Data Mining and Modelling for Biomedicine, VIB Center for Inflammation Research, Ghent, Belgium.
Department of Applied Mathematics, Computer Science and Statistics, Ghent University, Ghent, Belgium.
Cytometry A. 2024 Nov;105(11):816-828. doi: 10.1002/cyto.a.24896. Epub 2024 Oct 1.
Imaging flow cytometry (IFC) provides single-cell imaging data at a high acquisition rate. It is increasingly used in image-based profiling experiments consisting of hundreds of thousands of multi-channel images of cells. Currently available software solutions for processing microscopy data can provide good results in downstream analysis, but are limited in efficiency and scalability, and often ill-adapted to IFC data. In this work, we propose Scalable Cytometry Image Processing (SCIP), a Python software that efficiently processes images from IFC and standard microscopy datasets. We also propose a file format for efficiently storing IFC data. We showcase our contributions on two large-scale microscopy and one IFC datasets, all of which are publicly available. Our results show that SCIP can extract the same kind of information as other tools, in a much shorter time and in a more scalable manner.

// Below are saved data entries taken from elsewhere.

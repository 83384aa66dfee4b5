//! Linked lists, and the round of a session's slots over them. What a call requires is tested before it.
ghost use Rattle.std.specs.Prelude.{◌≡◌, ◌<◌, ◌==◌, ◌&&◌, length};
ghost use Rattle.ls_links.specs.Chains.{node_at};
ghost use Rattle.ls_turns.specs.Round.{node_of_place, has_slot};

use ls_links::Links;
use ls_turns::{SlotRef, Turns};
use ls_value::NoMemory;
use std::alloc::Global;
use std::test::Fail;

/// The node at a place of a list, from 0, `None` past the last.
fn node_at(links: &Links, list: usize, place: usize) -> Option<usize>
    requires { list < length links.now.lists }
    ensures { result ≡ node_at links.now list place }
{
    let mut next = links.first(list);
    for _ in 0..place {
        match next {
            Some(node) => next = links.next(node),
            None => return None,
        }
    }
    next
}

/// The value at a place of a list, `None` past the last.
pub fn value_at(links: &Links, list: usize, place: usize) -> Option<usize>
    requires { list < length links.now.lists }
{
    match node_at(links, list, place) {
        Some(node) => Some(links.value(node)),
        None => None,
    }
}

/// Whether a list has these values in order, and no more.
fn has_values(links: &Links, list: usize, values: &[usize]) -> bool
    requires { list < length links.now.lists }
{
    for place in 0..values.len() {
        if value_at(links, list, place) != Some(values[place]) {
            return false;
        }
    }
    value_at(links, list, values.len()).is_none()
}

/// Links a node of a value, where there is room. Whether its number is that of the node at a place.
fn push(links: &mut Links, list: usize, place: usize, value: usize) -> bool
    requires { list < length links.old.lists }
    ensures { length links.new.lists ≡ length links.old.lists }
{
    if links.spare() == 0 {
        return false;
    }
    let node = links.push_back(list, value);
    node_at(links, list, place) == Some(node)
}

/// Links a node of each value to an empty list, and answers whether all are linked.
fn push_all(links: &mut Links, list: usize, values: &[usize]) -> bool
    requires { list < length links.old.lists }
    ensures { length links.new.lists ≡ length links.old.lists }
{
    for place in 0..values.len() {
        if !push(links, list, place, values[place]) {
            return false;
        }
    }
    true
}

/// Makes the node at a place the last, where there is one.
fn move_to_back(links: &mut Links, list: usize, place: usize)
    requires { list < length links.old.lists }
    ensures { length links.new.lists ≡ length links.old.lists }
{
    if let Some(node) = node_at(links, list, place) {
        links.move_to_back(node);
    }
}

/// Gives the node at a place another value, where there is one.
fn set_value(links: &mut Links, list: usize, place: usize, value: usize)
    requires { list < length links.old.lists }
    ensures { length links.new.lists ≡ length links.old.lists }
{
    if let Some(node) = node_at(links, list, place) {
        links.set_value(node, value);
    }
}

/// Unlinks the node at a place, and answers its value, `None` where there is no node.
fn unlink(links: &mut Links, list: usize, place: usize) -> Option<usize>
    requires { list < length links.old.lists }
    ensures { length links.new.lists ≡ length links.old.lists }
{
    match node_at(links, list, place) {
        Some(node) => Some(links.unlink(node)),
        None => None,
    }
}

/// Whether three nodes of a list are pushed, one goes to the back, one is unlinked, and one gets another value.
fn a_list_changes(alloc: Global) -> Result<bool, NoMemory> {
    let mut links = Links::new(alloc, 1)?;
    links.reserve(3)?;
    let pushed = push_all(&mut links, 0, &[1, 2, 3]);
    let first = has_values(&links, 0, &[1, 2, 3]) && links.spare() == 0;
    move_to_back(&mut links, 0, 0);
    let moved = has_values(&links, 0, &[2, 3, 1]) && links.spare() == 0;
    let unlinked = unlink(&mut links, 0, 1) == Some(3);
    let last = has_values(&links, 0, &[2, 1]) && links.spare() == 1;
    set_value(&mut links, 0, 1, 4);
    let valued = has_values(&links, 0, &[2, 4]) && links.spare() == 1;
    Ok(pushed && first && moved && unlinked && last && valued)
}

/// Whether a list stays as it is while another one loses its node.
fn lists_are_apart(alloc: Global) -> Result<bool, NoMemory> {
    let mut links = Links::new(alloc, 2)?;
    links.reserve(2)?;
    let pushed = push_all(&mut links, 0, &[7]) && push_all(&mut links, 1, &[8]);
    let before = has_values(&links, 0, &[7]) && has_values(&links, 1, &[8]);
    let unlinked = unlink(&mut links, 0, 0) == Some(7);
    let after = links.first(0).is_none() && has_values(&links, 1, &[8]);
    Ok(pushed && before && unlinked && after)
}

/// Whether less room than there is changes nothing.
fn room_stays(alloc: Global) -> Result<bool, NoMemory> {
    let mut links = Links::new(alloc, 1)?;
    links.reserve(2)?;
    links.reserve(1)?;
    Ok(links.spare() == 2)
}

#[test]
fn lists_are_linked(rt: HostRuntime) -> Result<(), Fail> {
    assert!(rt; a_list_changes(rt.alloc())?);
    assert!(rt; lists_are_apart(rt.alloc())? && room_stays(rt.alloc())?);
    Ok(())
}

/// A slot of a place in a subscription.
fn slot(sub: u32, place: u32) -> SlotRef {
    SlotRef {
        sub,
        place,
        item: place,
        slot: sub,
    }
}

/// Whether a slot is of a place in a subscription.
fn is_of(slot: SlotRef, sub: u32, place: u32) -> bool
    ensures { result ≡ (slot.sub == sub && slot.place == place) }
{
    slot.sub == sub && slot.place == place
}

/// Whether the slot of a place in a subscription is in the round.
fn has(turns: &Turns, sub: u32, place: u32) -> bool
    ensures { result ≡ has_slot sub place turns.now }
{
    for i in 0..turns.len() {
        let Some(slot) = turns.get(i) else {
            return false;
        };
        if is_of(slot, sub, place) {
            return true;
        }
    }
    false
}

/// A slot joins, where there is room and it isn't in the round.
fn join(turns: &mut Turns, slot: SlotRef) -> bool {
    if turns.spare() == 0 {
        return false;
    }
    if has(turns, slot.sub, slot.place) {
        return false;
    }
    turns.join(slot);
    true
}

/// A slot gave a line, where it is in the round.
fn gave(turns: &mut Turns, slot: SlotRef) -> bool {
    if has(turns, slot.sub, slot.place) {
        turns.gave(&slot);
        return true;
    }
    false
}

/// Whether a round has these slots, by subscription and place, in order, and no more.
fn has_slots(turns: &Turns, slots: &[(u32, u32)]) -> bool {
    for i in 0..slots.len() {
        let (sub, place) = slots[i];
        if turns.get(i) != Some(slot(sub, place)) {
            return false;
        }
    }
    turns.get(slots.len()).is_none() && turns.len() == slots.len()
}

/// The round 1.1 1.2 2.1.
fn three(alloc: Global) -> Result<Turns, Fail> {
    let mut turns = Turns::new(alloc)?;
    turns.reserve(3)?;
    for (sub, place) in [(1, 1), (1, 2), (2, 1)] {
        if !join(&mut turns, slot(sub, place)) {
            return Err(Fail::new("a slot doesn't join"));
        }
    }
    Ok(turns)
}

/// Whether a slot that gave goes to the back, and those of a subscription leave, whose room counts from `reserve` on.
fn a_round_changes(alloc: Global) -> Result<bool, Fail> {
    let mut turns = three(alloc)?;
    let first = has_slots(&turns, &[(1, 1), (1, 2), (2, 1)]) && turns.spare() == 0;
    let given = gave(&mut turns, slot(1, 1)) && has_slots(&turns, &[(1, 2), (2, 1), (1, 1)]);
    turns.leave(1);
    let left = has_slots(&turns, &[(2, 1)]) && turns.spare() == 0;
    turns.reserve(2)?;
    let joined = join(&mut turns, slot(1, 1)) && has_slots(&turns, &[(2, 1), (1, 1)]);
    Ok(first && given && left && joined)
}

/// Whether a subscription that isn't there leaves all as it is, and no slot is left of a round that is cleared.
fn a_round_is_cleared(alloc: Global) -> Result<bool, Fail> {
    let mut turns = three(alloc)?;
    turns.leave(3);
    let same = has_slots(&turns, &[(1, 1), (1, 2), (2, 1)]) && turns.spare() == 0;
    turns.clear();
    Ok(same && turns.is_empty() && turns.first().is_none() && has_slots(&turns, &[]))
}

/// The node of the slot at a place of the round, from 0, `None` past the last.
fn node_of(turns: &Turns, place: usize) -> Option<usize>
    ensures { result ≡ node_of_place turns.now place }
{
    let mut next = turns.first();
    for _ in 0..place {
        match next {
            Some(node) => next = turns.next(node),
            None => return None,
        }
    }
    next
}

/// The slot at a place by its node.
fn slot_of(turns: &Turns, place: usize) -> Option<SlotRef> {
    match node_of(turns, place) {
        Some(node) => Some(turns.slot(node)),
        None => None,
    }
}

/// The value of the node at a place.
fn value_of(turns: &Turns, place: usize) -> Option<usize> {
    match node_of(turns, place) {
        Some(node) => Some(turns.links().value(node)),
        None => None,
    }
}

/// The slot at a place by the value of its node.
fn slot_of_value(turns: &Turns, place: usize) -> Option<SlotRef> {
    match value_of(turns, place) {
        Some(value) => turns.at(value),
        None => None,
    }
}

/// Whether the slots by their nodes, and by the values of these, are those by place, and past the last none.
fn are_found(turns: &Turns) -> bool {
    for place in 0..turns.len() {
        let slot = turns.get(place);
        if slot.is_none() || slot_of(turns, place) != slot || slot_of_value(turns, place) != slot {
            return false;
        }
    }
    node_of(turns, turns.len()).is_none()
}

/// Whether the slots of a round are found, and no slot by the value of one that left, or by a value past all.
fn slots_are_found(alloc: Global) -> Result<bool, Fail> {
    let mut turns = three(alloc)?;
    let found = are_found(&turns) && turns.at(3).is_none();
    let value = value_of(&turns, 0).unwrap_or(3);
    turns.leave(1);
    Ok(found && are_found(&turns) && value < 3 && turns.at(value).is_none())
}

#[test]
fn a_round_is_asked_in_order(rt: HostRuntime) -> Result<(), Fail> {
    assert!(rt; a_round_changes(rt.alloc())?);
    assert!(rt; a_round_is_cleared(rt.alloc())? && slots_are_found(rt.alloc())?);
    Ok(())
}
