//! The buffer of mode DISTINCT as a buffer of a mode.

use crate::distinct::DistinctBuffer;
use ls_event::{Buffer, Stored, Taken};
use ls_value::NoMemory;

impl Buffer for DistinctBuffer {
    ghost use Rattle.std.specs.Prelude.{length};
    ghost use Rattle.ls_distinct.specs.Distinct.{StandsDistinct, distinct_head, distinct_is_pending};
    ghost use Rattle.ls_distinct.specs.Stands.{distinct_head_is_cut, distinct_pending_is, distinct_waiting_is};
    ghost use Rattle.ls_distinct.specs.Stands.{distinct_longer, AreRowsWide};

    ghost stands = { StandsDistinct };

    ghost last = { λ b. b.last };

    ghost has_fields = { λ b n. AreRowsWide n b };

    ghost admits = { λ b e. Unit {0} };

    ghost head = { distinct_head };

    ghost is_pending = { distinct_is_pending };

    ghost waiting_count = { λ b. length b.kept };

    ghost head_is_cut = { distinct_head_is_cut };

    ghost pending_is = { distinct_pending_is };

    ghost waiting_is = { distinct_waiting_is };

    ghost last_is = { λ b s h st. st.last };

    ghost longer = { distinct_longer };

    fn enqueue(&mut self, event: &Stored) -> Result<(), NoMemory> {
        DistinctBuffer::enqueue(self, &event.event)?;
        Ok(())
    }

    fn look(&self) -> Result<Option<Taken>, NoMemory> {
        DistinctBuffer::look(self)
    }

    fn pass(&mut self) {
        DistinctBuffer::pass(self)
    }

    fn pending(&self) -> bool {
        DistinctBuffer::pending(self)
    }

    fn waiting(&self) -> u64 {
        DistinctBuffer::waiting(self)
    }
}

成像流式细胞术(IFC)以高采集率提供单细胞成像数据。它越来越多地用于基于图像的分析实验,这些实验包含数十万张细胞的多通道图像。目前用于处理显微镜数据的可用软件解决方案可在下游分析中提供良好的结果,但在效率和可扩展性方面存在限制,并且通常不适应 IFC 数据。在这项工作中,我们提出了可扩展的细胞术图像处理(SCIP),这是一个 Python 软件,可高效处理 IFC 和标准显微镜数据集的图像。我们还提出了一种用于高效存储 IFC 数据的文件格式。我们在两个大型显微镜数据集和一个 IFC 数据集上展示了我们的贡献,所有这些数据集都是公开可用的。我们的结果表明,SCIP 可以在更短的时间内以更具可扩展性的方式提取与其他工具相同的信息。